Instructions for the task: After finding the line with "let mut bytes = Vec::new(self.alloc);" in the data below, set down exactly each line through the one with "OnOk result (end_of", inclusive, and stop there.

Data listing:
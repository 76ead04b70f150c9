//! The ledger: gate, length, payload, one record after the other.
ghost use Rattle.std.specs.Prelude.{◌≡◌, ◌⊎◌, ◌≤◌, ◌<◌, ◌+◌, ◌^◌, ◌++◌, ◌∷◌, [], List, ℕ, Some, length, take, get_or, slice_get, OnOk, OnErr, IfOk, IsErrOf};
ghost use Rattle.disk_core.specs.Contents.{Told};
ghost use Rattle.disk_core.specs.Images.{Only};
ghost use Rattle.disk_core.specs.Moments.{IsQuiet, LeavesOnly};
ghost use Rattle.job_ledger.specs.Ledgers.{IsLedgerAt, IsPastLimit, bytes_of, end_of, grown, need_of, new_ledger, payload_sizes};
ghost use Rattle.job_ledger.specs.Records.{HasNoRun, IsBrokenAt, IsOpen, IsShort, Records, RecordsOldOrNew, frame};
ghost use Rattle.job_ledger.specs.Stops.{IsCaused, StopsByDevice};

use crate::LedgerStop;
use crate::gate::{without_run, write_first, write_record};
use crate::header::push_header;
use crate::reading::read_into;
use crate::span::Span;
use crate::walk::walk;
use disk_core::{Disk, file_len, sync_file};
use poly_io::Bytes;
use std::alloc::{AllocError, Global};
use std::marker::Model;

/// A ledger whose file is attached. Contracts see the sizes of its payloads and its limit. After a fault of the disk it is
/// given up.
#[derive(Drop)]
pub struct Ledger {
    alloc: Global,
    limit: u64,
    end: u64,
    spans: Vec<Span>,
}

impl Model for Ledger {
    ghost use Rattle.std.specs.Prelude.{◌≤◌, ◌<◌, ◌^◌};
    ghost use Rattle.job_ledger.specs.Ledgers.{Known};
    ghost use Rattle.job_ledger.specs.Spans.{ArePlaced, sizes_in};

    ghost Value = { Known };

    ghost view = { λ l. record { limit = l.limit; sizes = sizes_in l.spans.items } };

    ghost invariant = { λ l. (l.limit ≤ 2 ^ 40) × ArePlaced l.spans.items l.end × (l.end < 2 ^ 64) };
}

/// A payload behind its length, and a closed gate behind it.
fn framed(alloc: Global, payload: &[u8]) -> Result<Vec<u8>, AllocError>
    ensures { IfOk result (λ v. v.items ≡ frame payload.now ++ 0 ∷ []) }
{
    let mut bytes = Vec::new(alloc);
    push_header(&mut bytes, payload.len() as u64)?;
    bytes.extend_from_slice(payload)?;
    bytes.push(0)?;
    Ok(bytes)
}

impl Ledger {
    /// Begins a ledger of at most `limit` bytes by its first record, where the file has no run. The order: the file is
    /// synced, `HasRun`, `LedgerLimit`, lack of memory, and only then is something written. An image of the call is one
    /// from before, has no run, or has that record.
    pub fn create<D: Disk>(
        alloc: Global,
        disk: &mut D,
        limit: u64,
        payload: &[u8],
    ) -> Result<Ledger, LedgerStop>
        requires { limit ≤ 2 ^ 40 }
        ensures moments { Told (D.seen disk.old) (λ f. LeavesOnly D.moment D.since disk.old disk.new
            (λ c. D.images disk.old c ⊎ (HasNoRun c ⊎ Records (payload.now ∷ []) c))) }
        ensures kept { IfOk result (λ l. Told (D.seen disk.old) (λ f. IsLedgerAt l (payload.now ∷ []) (D.seen disk.new) (D.images disk.new))) }
        ensures knows { IfOk result (λ l. l ≡ grown (new_ledger limit) (length payload.now)) }
        ensures fresh { OnOk result (Told (D.seen disk.old) HasNoRun) }
        ensures fits { OnOk result (need_of (new_ledger limit) (length payload.now) ≤ limit) }
        ensures has { IsErrOf result LedgerStop.HasRun → Told (D.seen disk.old) IsOpen }
        ensures past { (need most : ℕ) → IsErrOf result (LedgerStop.LedgerLimit need most)
            → IsPastLimit (new_ledger limit) (length payload.now) need most × Told (D.seen disk.old) HasNoRun }
        // What is refused has written nothing.
        ensures unwritten { (IsErrOf result LedgerStop.DiskFault → ⊥) → OnErr result
            (LeavesOnly D.moment D.since disk.old disk.new (D.images disk.old) × Told (D.seen disk.old) (λ f. D.seen disk.new ≡ Some f)) }
        ensures never_none { IsErrOf result LedgerStop.NoRun → ⊥ }
        ensures never_bad { (place : ℕ) → IsErrOf result (LedgerStop.BadLedger place) → ⊥ }
        ensures cause { IsCaused (D.faults disk.old) (D.faults disk.new) result }
    {
        let size = without_run(disk)?;
        let mut ledger = Ledger::empty(alloc, limit);
        let bytes = ledger.staged(payload)?;
        ledger.grow(payload.len() as u64)?;
        write_first(disk, size, &bytes)?;
        Ok(ledger)
    }

    /// Reads the layout of a file. Whatever the answer, no image is new.
    pub fn reopen<D: Disk>(alloc: Global, disk: &mut D, limit: u64) -> Result<Ledger, LedgerStop>
        requires { limit ≤ 2 ^ 40 }
        ensures quiet { LeavesOnly D.moment D.since disk.old disk.new (D.images disk.old) }
        ensures records { IfOk result (λ l. Told (D.seen disk.old) (λ f. (payloads : List (List ℕ))
            × (0 < length payloads) × Records payloads f × (D.seen disk.new ≡ Some f) × IsLedgerAt l payloads (D.seen disk.new) (D.images disk.new))) }
        ensures knows { IfOk result (λ l. l.limit ≡ limit) }
        ensures some { IfOk result (λ l. 0 < length l.sizes) }
        ensures none { IsErrOf result LedgerStop.NoRun → Told (D.seen disk.old) (λ f. HasNoRun f × (D.seen disk.new ≡ Some f)) }
        ensures bad { (place : ℕ) → IsErrOf result (LedgerStop.BadLedger place) → Told (D.seen disk.old) (λ f. IsBrokenAt place f × (D.seen disk.new ≡ Some f)) }
        ensures never_has { IsErrOf result LedgerStop.HasRun → ⊥ }
        ensures never_past { (need most : ℕ) → IsErrOf result (LedgerStop.LedgerLimit need most) → ⊥ }
        ensures cause { IsCaused (D.faults disk.old) (D.faults disk.new) result }
    {
        sync_file(disk)?;
        let size = file_len(disk)?;
        let (spans, end) = walk(alloc, disk, size)?;
        Ok(Ledger {
            alloc,
            limit,
            end,
            spans,
        })
    }

    /// Adds a record. At `Ok` it is acknowledged: each image has it. At every moment of the call an image has the records
    /// from before, with the new one or without.
    pub fn append<D: Disk>(&mut self, disk: &mut D, payload: &[u8]) -> Result<(), LedgerStop>
        ensures moments { (payloads : List (List ℕ)) → IsLedgerAt self.old payloads (D.seen disk.old) (D.images disk.old)
            → LeavesOnly D.moment D.since disk.old disk.new (RecordsOldOrNew payloads payload.now) }
        ensures kept { (payloads : List (List ℕ)) → IsLedgerAt self.old payloads (D.seen disk.old) (D.images disk.old)
            → OnOk result (IsLedgerAt self.new (payloads ++ payload.now ∷ []) (D.seen disk.new) (D.images disk.new)) }
        ensures knows { OnOk result (self.new ≡ grown self.old (length payload.now)) }
        ensures fits { OnOk result (need_of self.old (length payload.now) ≤ self.old.limit) }
        ensures past { (need most : ℕ) → IsErrOf result (LedgerStop.LedgerLimit need most)
            → IsPastLimit self.old (length payload.now) need most × (disk.new ≡ disk.old) × (self.new ≡ self.old) }
        ensures memory { IsErrOf result LedgerStop.Memory → (disk.new ≡ disk.old) × (self.new ≡ self.old) }
        ensures fault { IsErrOf result LedgerStop.DiskFault → need_of self.old (length payload.now) ≤ self.old.limit }
        ensures never_none { IsErrOf result LedgerStop.NoRun → ⊥ }
        ensures never_has { IsErrOf result LedgerStop.HasRun → ⊥ }
        ensures never_bad { (place : ℕ) → IsErrOf result (LedgerStop.BadLedger place) → ⊥ }
        ensures cause { IsCaused (D.faults disk.old) (D.faults disk.new) result }
    {
        let bytes = self.staged(payload)?;
        let gate = self.gate();
        self.grow(payload.len() as u64)?;
        write_record(disk, gate, &bytes)?;
        Ok(())
    }

    /// The payload of this number, from 0. Where the file ends early it gives the bytes that there were.
    pub fn payload<D: Disk>(&self, disk: &mut D, i: u64) -> Result<Bytes, LedgerStop>
        requires { i < length self.now.sizes }
        ensures quiet { IsQuiet D.seen D.images D.moment D.since disk.old disk.new }
        ensures read { IfOk result (λ b. Told (D.seen disk.old) (λ f. b ≡ bytes_of self.now i f)) }
        ensures bytes { (payloads : List (List ℕ)) → IsLedgerAt self.now payloads (D.seen disk.old) (D.images disk.old)
            → IfOk result (λ b. slice_get payloads i ≡ Some b) }
        ensures stops { StopsByDevice result }
        ensures cause { IsCaused (D.faults disk.old) (D.faults disk.new) result }
    {
        let span = self.span(i);
        let mut bytes = Vec::new(self.alloc);
        read_into(disk, span.at, span.len, &mut bytes)?;
        Ok(Bytes::from_vec(bytes))
    }

    /// How many records there are.
    pub fn count(&self) -> u64
        ensures { result ≡ length self.now.sizes }
    {
        self.spans.len() as u64
    }

    /// Where the payload of this number lies.
    fn span(&self, i: u64) -> Span
        requires { i < length self.now.sizes }
        ensures at { result.at ≡ end_of (take i self.now.sizes) + 15 }
        ensures len { result.len ≡ get_or self.now.sizes i 0 }
        ensures within { result.at + result.len < 2 ^ 64 }
    {
        self.spans[i as usize]
    }

    /// A ledger of no records.
    fn empty(alloc: Global, limit: u64) -> Ledger
        requires { limit ≤ 2 ^ 40 }
        ensures { result ≡ new_ledger limit }
    {
        Ledger {
            alloc,
            limit,
            end: 0,
            spans: Vec::new(alloc),
        }
    }

    /// Where the closed gate stands.
    fn gate(&self) -> u64
        ensures { result ≡ end_of self.now.sizes }
    {
        self.end
    }

    /// The bytes of the next record, with a closed gate behind it. Refused as `LedgerLimit` or for lack of memory.
    fn staged(&self, payload: &[u8]) -> Result<Vec<u8>, LedgerStop>
        ensures bytes { IfOk result (λ v. v.items ≡ frame payload.now ++ 0 ∷ []) }
        ensures fits { OnOk result (need_of self.now (length payload.now) ≤ self.now.limit) }
        ensures short { OnOk result (IsShort payload.now) }
        ensures room { OnOk result (end_of self.now.sizes + 1 < 2 ^ 64) }
        ensures past { (need most : ℕ) → IsErrOf result (LedgerStop.LedgerLimit need most) → IsPastLimit self.now (length payload.now) need most }
        ensures never_none { IsErrOf result LedgerStop.NoRun → ⊥ }
        ensures never_has { IsErrOf result LedgerStop.HasRun → ⊥ }
        ensures never_bad { (place : ℕ) → IsErrOf result (LedgerStop.BadLedger place) → ⊥ }
        ensures never_fault { IsErrOf result LedgerStop.DiskFault → ⊥ }
    {
        let need = self
            .end
            .saturating_add(payload.len() as u64)
            .saturating_add(16);
        if need > self.limit {
            return Err(LedgerStop::LedgerLimit {
                need,
                limit: self.limit,
            });
        }
        Ok(framed(self.alloc, payload)?)
    }

    /// Notes a record more.
    fn grow(&mut self, len: u64) -> Result<(), AllocError>
        requires { need_of self.old len ≤ self.old.limit }
        ensures ok { OnOk result (self.new ≡ grown self.old len) }
        ensures err { OnErr result (self.new ≡ self.old) }
    {
        let start = self.end + 15;
        self.spans.push(Span { at: start, len })?;
        self.end = start + len;
        Ok(())
    }
}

Result for this task:
        let mut bytes = Vec::new(self.alloc);
        read_into(disk, span.at, span.len, &mut bytes)?;
        Ok(Bytes::from_vec(bytes))
    }

    /// How many records there are.
    pub fn count(&self) -> u64
        ensures { result ≡ length self.now.sizes }
    {
        self.spans.len() as u64
    }

    /// Where the payload of this number lies.
    fn span(&self, i: u64) -> Span
        requires { i < length self.now.sizes }
        ensures at { result.at ≡ end_of (take i self.now.sizes) + 15 }
        ensures len { result.len ≡ get_or self.now.sizes i 0 }
        ensures within { result.at + result.len < 2 ^ 64 }
    {
        self.spans[i as usize]
    }

    /// A ledger of no records.
    fn empty(alloc: Global, limit: u64) -> Ledger
        requires { limit ≤ 2 ^ 40 }
        ensures { result ≡ new_ledger limit }
    {
        Ledger {
            alloc,
            limit,
            end: 0,
            spans: Vec::new(alloc),
        }
    }

    /// Where the closed gate stands.
    fn gate(&self) -> u64
        ensures { result ≡ end_of self.now.sizes }
    {
        self.end
    }

    /// The bytes of the next record, with a closed gate behind it. Refused as `LedgerLimit` or for lack of memory.
    fn staged(&self, payload: &[u8]) -> Result<Vec<u8>, LedgerStop>
        ensures bytes { IfOk result (λ v. v.items ≡ frame payload.now ++ 0 ∷ []) }
        ensures fits { OnOk result (need_of self.now (length payload.now) ≤ self.now.limit) }
        ensures short { OnOk result (IsShort payload.now) }
        ensures room { OnOk result (end_of self.now.sizes + 1 < 2 ^ 64) }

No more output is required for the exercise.